Taking the same precautions that you would with your gasoline-powered lawnmower, stop the engine and do not smoke when refueling your chain saw. Do not spill gas on a hot engine. Use a filtering funnel or a gas can with a flexible hose to fill the fuel tank. Do not start the saw where you refuel it, and be extra cautious of fire during dry weather.

Carrying the Saw

Shut off the saw when carrying it from one tree to the next if working conditions are hazardous - heavy brush, slippery ground surface, or steep slopes. Carry the saw with the guide bar pointing to the rear, or point the bar to the front if you are going downhill.

First Aid

Even if you do not need an assistant, someone should be with you in case of an accident. Have the telephone number and address of the nearest emergency unit, and always carry a first-aid kit when you work in the woods. If someone is cut, cover the wound with a clean cloth and press hard to stop the flow of blood. Get the injured person to a doctor or hospital immediately.


How To Fell A Tree
Preparation and Positioning

You can fell large trees with the small, lightweight saws that homeowners usually buy, but it is a risky job for inexperienced, nonprofessional workers and demands extra caution. First, remove any wire or nails that are in the wood you plan to cut. Determine where you want the tree to fall. Look at the top. Is it unbalanced with heavy limbs on one side? How much wind is blowing? What about other trees, buildings, or power lines in the area? If these hazards exist, perhaps you should hire an experienced worker to do the felling while you limit your work to limbing and bucking the down tree. Examine the top to see whether there are any "widow makers" (dead limbs or branches) that may fall while you are cutting the tree.


Clear all brush, snow, and rocks from around the tree that might interfere with the use of the saw, or that might block your way to a safe retreat when the tree starts to fall.

Pick a safe place where you plan to stand when the tree falls. Remember that a gust of wind or a rotten place in the trunk may cause the tree to fall in the wrong direction. The tree may bounce, kick backwards, or roll when it hits the ground. You usually are safe standing behind a larger tree off to the side and away from the tree you are cutting.

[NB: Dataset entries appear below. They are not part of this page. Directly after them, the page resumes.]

//! The numbers of the code are those of the definitions.

ghost use Rattle.std.specs.Prelude.{◌≡◌};
ghost use Rattle.modbus_frame.specs.Limits.{exception_bit, exception_length, least_quantity, most_quantity, read_holding_registers, read_input_registers};

use crate::expect::{LEAST_QUANTITY, MOST_QUANTITY, READ_HOLDING_REGISTERS, READ_INPUT_REGISTERS};
use crate::response::{EXCEPTION, EXCEPTION_LENGTH};

/// Does nothing: its contract is that each number that the definitions state is the code's.
pub fn defined_numbers()
    ensures read_holding_registers { READ_HOLDING_REGISTERS ≡ read_holding_registers }
    ensures read_input_registers { READ_INPUT_REGISTERS ≡ read_input_registers }
    ensures least_quantity { LEAST_QUANTITY ≡ least_quantity }
    ensures most_quantity { MOST_QUANTITY ≡ most_quantity }
    ensures exception_length { EXCEPTION_LENGTH ≡ exception_length }
    ensures exception_bit { EXCEPTION ≡ exception_bit }
{}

When trees are cut on a hillside, the saw operator must stand on the uphill side of the tree. (The same recommendation also applies to limbing the down tree or bucking the trunk into firewood or logs.)


Method

Assuming that the tree stands straight and has a balanced top, and that there is little or no wind, oil the chain, fully open the throttle, and undercut (notch) the tree on the side in the direction of fall (Figure 1). Cut the notch to a depth of about one-fourth to one-third the diameter of the tree.

Stand beside the tree with your feet well braced and comfortably spread for good balance. Put in the "back cut" opposite the notch (Figure 2). The back cut should be an inch or so higher than the bottom of the notch, square with the trunk, and parallel to the bottom of the notch. Then place the bumper spikes near the engine firmly against the trunk, and start cutting. Pivot the saw about the bumper spikes and into the trunk, using a fanlike motion and moderate pressure to feed the chain into the wood. It is not necessary to move the saw in a sawing motion: the powered chain provides the cutting action. Pivot the saw, then move the bumper spikes to a new location and continue feeding the chain into the cut. Draw the saw out of the cut slowly and with the chain running. If you must cut without the bumper spikes in contact with the tree, or if the saw does not have spikes, be careful that the saw does not jerk and throw you offbalance when the chain contacts the bark or wood.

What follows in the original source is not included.